= Description of the task =
Restate, word for word, the lines from the opening line of the data through the line containing "certificate has none.", both included, and nothing else.

--- Data for review Enclosed Below ---

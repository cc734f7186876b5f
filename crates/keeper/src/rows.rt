// Rows as plain data.
ghost use Rattle.std.specs.Prelude.{◌≡◌};
ghost use Rattle.keeper.specs.Rows.{table_of, kind_of, has_key, is_of, is_of_holder, is_settled, with_settled};

use chat_rights::Template;
use cv_dates::Day;
use eac_base::{Octets, is_same};
use holder_reference::{Holder, Reference};
use signature_provider::Key;

/// What kind of row it is.
#[derive(Clone, Copy, Debug, PartialEq, Eq)]
pub enum Table {
    /// The plain register.
    Register,
    /// What a desk has issued.
    Issued,
    /// The keys and certificates of the party itself.
    Own,
    /// The certificates of the authorities that the party knows.
    Ca,
}

/// A certificate, with what is asked of it by those who look for one.
#[derive(Debug, Drop)]
pub struct Settled {
    /// Its bytes.
    pub certificate: Octets,
    /// Its certification authority reference.
    pub issuer: Reference,
    pub template: Template,
    /// Its effective date.
    pub from: Day,
    /// Its expiration date.
    pub until: Day,
}

/// What a desk issued for a request.
#[derive(Debug, Drop)]
pub struct IssuedPart {
    /// The request's bytes.
    pub request: Octets,
    /// The key that was certified, with its domain.
    pub key: Key,
    pub settled: Settled,
}

/// A key of the party itself.
#[derive(Debug, Drop)]
pub struct OwnPart {
    /// Whom the certificate is asked from.
    pub authority: Holder,
    /// The request's bytes; a founding or a link certificate has none.
    pub request: Octets,
    pub key: Key,
    /// The certificate, once it has come.
    pub settled: Option<Settled>,
}

/// A certificate of an authority.
#[derive(Debug, Drop)]
pub struct CaPart {
    /// Its key, with its domain.
    pub key: Key,
    pub settled: Settled,
}

/// What a row keeps. The variant is the row's table.
#[derive(Debug, Drop)]
pub enum Part {
    /// The bytes that were registered, and the day in six ASCII digits.
    Register { request: Octets, day: [u8; 6] },
    Issued(IssuedPart),
    Own(OwnPart),
    Ca(CaPart),
}

/// A row. Its table, desk and reference are its key.
#[derive(Debug, Drop)]
pub struct Row {
    /// The number of the party that keeps it; the plain register is desk 0.
    pub desk: u32,
    /// What was named by the row: the holder reference of its certificate.
    pub reference: Reference,
    /// What is kept under that name.
    pub part: Part,
}

impl Table {
    /// Its number, by which tables are ordered.
    pub(crate) fn number(self) -> u8
        ensures { result ≡ kind_of self }
    {
        match self {
            Table::Register => 0,
            Table::Issued => 1,
            Table::Own => 2,
            Table::Ca => 3,
        }
    }
}

impl Part {
    /// The table in which it is kept.
    pub fn table(&self) -> Table
        ensures { result ≡ table_of self.now }
    {
        match self {
            Part::Register { .. } => Table::Register,
            Part::Issued(_) => Table::Issued,
            Part::Own(_) => Table::Own,
            Part::Ca(_) => Table::Ca,
        }
    }

    /// Whether it has a certificate.
    pub fn is_settled(&self) -> bool
        ensures { result ≡ is_settled self.now }
    {
        match self {
            Part::Register { .. } => false,
            Part::Issued(_) => true,
            Part::Own(own) => own.settled.is_some(),
            Part::Ca(_) => true,
        }
    }
}

impl Row {
    /// Whether this is the row's key.
    pub fn has_key(&self, table: Table, desk: u32, reference: &Reference) -> bool
        ensures { result ≡ has_key table desk reference.now self.now }
    {
        self.is_of(table, desk) && is_same(self.reference.as_slice(), reference.as_slice())
    }

    /// Whether the row is of this table and desk.
    pub fn is_of(&self, table: Table, desk: u32) -> bool
        ensures { result ≡ is_of table desk self.now }
    {
        self.part.table() == table && self.desk == desk
    }

    /// Whether the row's reference is one of this holder.
    pub fn is_of_holder(&self, holder: &Holder) -> bool
        ensures { result ≡ is_of_holder holder.now self.now }
    {
        self.reference.holder().is(holder)
    }

    /// Gives an own row its certificate. Any other row stays.
    pub(crate) fn settle(&mut self, settled: Settled)
        ensures { self.new ≡ with_settled settled self.old }
    {
        if let Part::Own(own) = &mut self.part {
            own.settled = Some(settled);
        }
    }
}
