//! Hands: a worker's part of a pool.
ghost use Rattle.std.specs.Prelude.{◌≡◌, ◌≢◌, ◌<◌, ◌≤◌, ◌+◌, [], ◌∷◌, ◌++◌, ℕ, length, Some, slice_get, OnOk, OnErr, IfErr, All};
ghost use Rattle.crossbeam_deque.specs.Handles.{stealer_deque};
ghost use Rattle.ol_pool.specs.Looks.{CountsOne, Tells, HasCounts, part_at};
ghost use Rattle.ol_pool.specs.Pools.{IsHandOf, part_of};
ghost use Rattle.ol_pool.specs.Handed.{IsHand, new_hand};
ghost use Rattle.ol_pool.specs.Deques.{AllBelow};

use crate::home::Home;
use crate::looks::Seen;
use crate::own::Own;
use crate::pool::Pool;
use crate::reach::Reach;
use std::marker::Model;

/// A worker's part of a pool: a deque of its own, from which the other hands steal, and access to
/// the deque of each other hand. Contracts view it as a `HandState`.
///
/// The lists of cells that it put and was given exist in contracts only, and take no memory.
#[derive(Drop)]
pub struct Hand {
    number: u32,
    home: Home,
    // by number, the hand's own too, which isn't used
    others: Vec<Reach>,
    missed: bool,
}

impl Model for Hand {
    ghost use Rattle.ol_pool.specs.Pools.{HandState};

    ghost Value = { HandState };

    ghost use Rattle.ol_pool.specs.Hands.{hand_of};
    ghost use Rattle.ol_pool.specs.Handed.{IsHand};
    ghost use Rattle.std.specs.Prelude.{◌<◌, ◌^◌};

    ghost view = { hand_of };

    ghost invariant = { λ h. IsHand h.number h.home.own h.others.items × (h.home.empties < 2 ^ 64) };
}

impl Hand {
    // A hand that made no call yet.
    pub(crate) fn new(number: u32, own: Own, others: Vec<Reach>) -> Hand
        requires { IsHand number own others.items }
        ensures { result ≡ new_hand number own others.items }
    {
        Hand {
            number,
            home: Home::new(own),
            others,
            missed: false,
        }
    }

    /// The number of the hand, which is also the number of its deque: less than the number of
    /// hands.
    pub fn number(&self) -> u32
        ensures is { result ≡ self.now.number }
        ensures below { result < self.now.pool.hands }
    {
        self.number
    }

    /// Whether its last `take` returned `None`.
    pub fn missed(&self) -> bool
        ensures { result ≡ self.now.missed }
    {
        self.missed
    }

    /// The number of refused puts, at most 2^64 - 1.
    pub fn refused(&self) -> u64
        ensures { result ≡ self.now.refused }
    {
        self.home.refused()
    }

    // Remembers whether a `take` answered None.
    pub(crate) fn remember(&mut self, missed: bool)
        ensures { self.new ≡ record self.old { missed = missed } }
    {
        self.missed = missed;
    }

    /// Theorem: the counts of a hand are numbers of 64 bits.
    pub fn counts(&self)
        ensures { (p : ℕ) → HasCounts (part_of self.now p) }
    {
        let _ = &self.missed;
    }

    /// Theorem: each cell that the hand was given is below the bound of its pool.
    pub fn given_below(&self)
        ensures { (p : ℕ) → All (λ cell. cell < self.now.pool.cells) (part_of self.now p).given }
    {
        self.home.gave_below();
    }

    /// Theorem: the hand's own deque is open: the bound of all cells was put into it and taken out
    /// again.
    pub fn is_open(&self)
        ensures { self.now.stage ≡ 2 }
    {
        self.home.is_open();
    }

    // Puts a cell into its own part.
    pub(crate) fn put(&mut self, cell: u32) -> Result<(), u32>
        requires below { cell < self.old.pool.cells }
        ensures sent { OnOk result
            (self.new ≡ record self.old { sent = self.old.sent ++ cell ∷ [] }) }
        ensures unchanged { OnErr result
            (self.new ≡ record self.old { refused = self.new.refused }) }
        ensures refused { OnErr result (CountsOne self.old.refused self.new.refused) }
        ensures many { OnErr result (64 ≤ length self.old.sent) }
        ensures back { IfErr result (λ returned. returned ≡ cell) }
    {
        self.home.put(cell)
    }

    // Looks at its own part.
    fn look_home(&mut self) -> Seen
        ensures tells { Tells result
            (part_of self.old self.old.number) (part_of self.new self.old.number) }
        ensures others { (q : ℕ) → q ≢ self.old.number → part_of self.new q ≡ part_of self.old q }
        ensures rest { self.new ≡ record self.old { parts = self.new.parts } }
    {
        match self.home.look() {
            Some(cell) => Seen::Cell(cell),
            None => Seen::Empty,
        }
    }

    // Looks at another's part.
    fn look_away(&mut self, pool: &Pool, at: u32) -> Seen
        requires hand { IsHandOf self.old pool.now }
        requires part { at < pool.now.hands }
        requires other { at ≢ self.old.number }
        ensures tells { Tells result (part_of self.old at) (part_of self.new at) }
        ensures others { (q : ℕ) → q ≢ at → part_of self.new q ≡ part_of self.old q }
        ensures rest { self.new ≡ record self.old { parts = self.new.parts } }
    {
        let thief = pool.thief(at);
        let reach = &mut self.others[at as usize];
        reach.look(thief)
    }

    // Looks at one part of the pool.
    pub(crate) fn look(&mut self, pool: &Pool, at: u32) -> Seen
        requires hand { IsHandOf self.old pool.now }
        requires part { at < pool.now.hands }
        ensures tells { Tells result (part_of self.old at) (part_of self.new at) }
        ensures others { (q : ℕ) → q ≢ at → part_of self.new q ≡ part_of self.old q }
        ensures rest { self.new ≡ record self.old { parts = self.new.parts } }
    {
        if at == self.number {
            return self.look_home();
        }
        self.look_away(pool, at)
    }
}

--- End of Enclosed Data for review ---

= Answer space =
repository cc734f7186876b5f
filename crates/keeper/src/rows.rt
// Rows as plain data.
ghost use Rattle.std.specs.Prelude.{◌≡◌};
ghost use Rattle.keeper.specs.Rows.{table_of, kind_of, has_key, is_of, is_of_holder, is_settled, with_settled};

use chat_rights::Template;
use cv_dates::Day;
use eac_base::{Octets, is_same};
use holder_reference::{Holder, Reference};
use signature_provider::Key;

/// What kind of row it is.
#[derive(Clone, Copy, Debug, PartialEq, Eq)]
pub enum Table {
    /// The plain register.
    Register,
    /// What a desk has issued.
    Issued,
    /// The keys and certificates of the party itself.
    Own,
    /// The certificates of the authorities that the party knows.
    Ca,
}

/// A certificate, with what is asked of it by those who look for one.
#[derive(Debug, Drop)]
pub struct Settled {
    /// Its bytes.
    pub certificate: Octets,
    /// Its certification authority reference.
    pub issuer: Reference,
    pub template: Template,
    /// Its effective date.
    pub from: Day,
    /// Its expiration date.
    pub until: Day,
}

/// What a desk issued for a request.
#[derive(Debug, Drop)]
pub struct IssuedPart {
    /// The request's bytes.
    pub request: Octets,
    /// The key that was certified, with its domain.
    pub key: Key,
    pub settled: Settled,
}

/// A key of the party itself.
#[derive(Debug, Drop)]
pub struct OwnPart {
    /// Whom the certificate is asked from.
    pub authority: Holder,
    /// The request's bytes; a founding or a link certificate has none.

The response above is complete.